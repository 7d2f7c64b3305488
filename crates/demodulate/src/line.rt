// The line of one rewriting step.

ghost use Rattle.std.specs.Prelude.{◌≡◌, ◌≤◌, ◌^◌, IfOk};
ghost use Rattle.fol_base.specs.Tree.{variable};
ghost use Rattle.fol_base.specs.Canonical.{terms_from};
ghost use Rattle.fol_base.specs.Literal.{clause_of};
ghost use Rattle.bank_clause.specs.Clause.{IsClauseOf, clause_at};
ghost use Rattle.rewriting.specs.Laws.{Becomes};
ghost use Rattle.rewriting.specs.Searching.{IsFoundOf};
ghost use Rattle.demodulate.specs.Steps.{IsLineOf, always};
ghost use Rattle.kernel_steps.specs.Lines.{own_terms};

use bank_clause::BankClause;
use eq_rules::{Renumbering, number_literals, renamed_terms};
use fol_base::{Clause, Term, Terms, renumbered};
use kernel_steps::{Bound, Line, Step, para};
use plain_types::Mem;
use rewriting::Found;
use std::alloc::Global;
use term_bank::Bank;

/// The line of a rewrite that was found in a clause, which has the number `parent`. The variables get their numbers in a walk over the
/// result and what the step binds.
pub(crate) fn rewriting_line(
    alloc: Global,
    bank: &Bank,
    unit: &BankClause,
    clause: &Clause,
    parent: u64,
    found: &Found<'_>,
) -> Mem<Line>
    requires of_bank { IsClauseOf bank.now unit.now }
    requires found { IsFoundOf (always (clause_at unit.now)) (clause_of clause.now).literals found.now }
    ensures { IfOk result (IsLineOf (clause_at unit.now) (clause_of clause.now) found.now parent) }
{
    let own = own_terms(alloc, clause.variable_bound())?;
    let made = rewritten(alloc, bank, unit, clause, &own, found)?;
    let terms = found.rewrite.terms.subst(unit.variable_bound())?;
    let mut numbers = Renumbering::new(alloc);
    number_literals(&mut numbers, &made.literals, &own, 0, made.literals.len())?;
    let first_bind = renamed_terms(alloc, &mut numbers, &terms)?;
    let second_bind = renamed_terms(alloc, &mut numbers, &own)?;
    let step = Step::Para {
        first: found.rewrite.number,
        second: parent,
        from: 0,
        from_side: found.rewrite.side,
        into: found.literal as u64,
        into_side: found.side,
        place: found.place.copy(alloc)?,
        first_bind,
        second_bind,
    };
    Ok(Line {
        step,
        clause: renumbered(alloc, &made)?,
    })
}

/// The clause rewritten by the unit.
fn rewritten(
    alloc: Global,
    bank: &Bank,
    unit: &BankClause,
    clause: &Clause,
    own: &Terms,
    found: &Found<'_>,
) -> Mem<Clause>
    requires of_bank { IsClauseOf bank.now unit.now }
    requires own { own.now ≡ own_terms (clause_of clause.now) }
    requires found { IsFoundOf (always (clause_at unit.now)) (clause_of clause.now).literals found.now }
    ensures { IfOk result (λ made. Becomes (clause_at unit.now) (clause_of clause.now) found.now (clause_of made)) }
{
    let equation = unit.lend(bank);
    let first = Bound {
        literals: &equation,
        bind: &found.rewrite.terms,
    };
    let second = Bound {
        literals: &clause.literals,
        bind: own,
    };
    let into = found.literal as u64;
    match para(
        alloc,
        &first,
        0,
        found.rewrite.side,
        &second,
        into,
        found.side,
        &found.place,
    )? {
        None => unreachable!(),
        Some(literals) => Ok(Clause {
            literals,
            names: clause.names.copy(alloc)?,
        }),
    }
}

/// The variables below a number, as terms.
fn own_terms(alloc: Global, count: u64) -> Mem<Terms>
    requires { count ≤ 2 ^ 32 }
    ensures { IfOk result (λ made. made ≡ terms_from 0 count variable) }
{
    let mut items = Vec::with_capacity(alloc, count as usize)?;
    for number in 0..count {
        items.push(Term::Var(number as u32))?;
    }
    Ok(Terms::from_vec(items))
}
________
TASK DESCRIPTION → For this exercise, repeat exactly the lines of the data above from the one with "use plain_types::Mem;" down to the one with "let first = Bound", both end lines included.

EXPECTED ANSWER →
use plain_types::Mem;
use rewriting::Found;
use std::alloc::Global;
use term_bank::Bank;

/// The line of a rewrite that was found in a clause, which has the number `parent`. The variables get their numbers in a walk over the
/// result and what the step binds.
pub(crate) fn rewriting_line(
    alloc: Global,
    bank: &Bank,
    unit: &BankClause,
    clause: &Clause,
    parent: u64,
    found: &Found<'_>,
) -> Mem<Line>
    requires of_bank { IsClauseOf bank.now unit.now }
    requires found { IsFoundOf (always (clause_at unit.now)) (clause_of clause.now).literals found.now }
    ensures { IfOk result (IsLineOf (clause_at unit.now) (clause_of clause.now) found.now parent) }
{
    let own = own_terms(alloc, clause.variable_bound())?;
    let made = rewritten(alloc, bank, unit, clause, &own, found)?;
    let terms = found.rewrite.terms.subst(unit.variable_bound())?;
    let mut numbers = Renumbering::new(alloc);
    number_literals(&mut numbers, &made.literals, &own, 0, made.literals.len())?;
    let first_bind = renamed_terms(alloc, &mut numbers, &terms)?;
    let second_bind = renamed_terms(alloc, &mut numbers, &own)?;
    let step = Step::Para {
        first: found.rewrite.number,
        second: parent,
        from: 0,
        from_side: found.rewrite.side,
        into: found.literal as u64,
        into_side: found.side,
        place: found.place.copy(alloc)?,
        first_bind,
        second_bind,
    };
    Ok(Line {
        step,
        clause: renumbered(alloc, &made)?,
    })
}

/// The clause rewritten by the unit.
fn rewritten(
    alloc: Global,
    bank: &Bank,
    unit: &BankClause,
    clause: &Clause,
    own: &Terms,
    found: &Found<'_>,
) -> Mem<Clause>
    requires of_bank { IsClauseOf bank.now unit.now }
    requires own { own.now ≡ own_terms (clause_of clause.now) }
    requires found { IsFoundOf (always (clause_at unit.now)) (clause_of clause.now).literals found.now }
    ensures { IfOk result (λ made. Becomes (clause_at unit.now) (clause_of clause.now) found.now (clause_of made)) }
{
    let equation = unit.lend(bank);
    let first = Bound {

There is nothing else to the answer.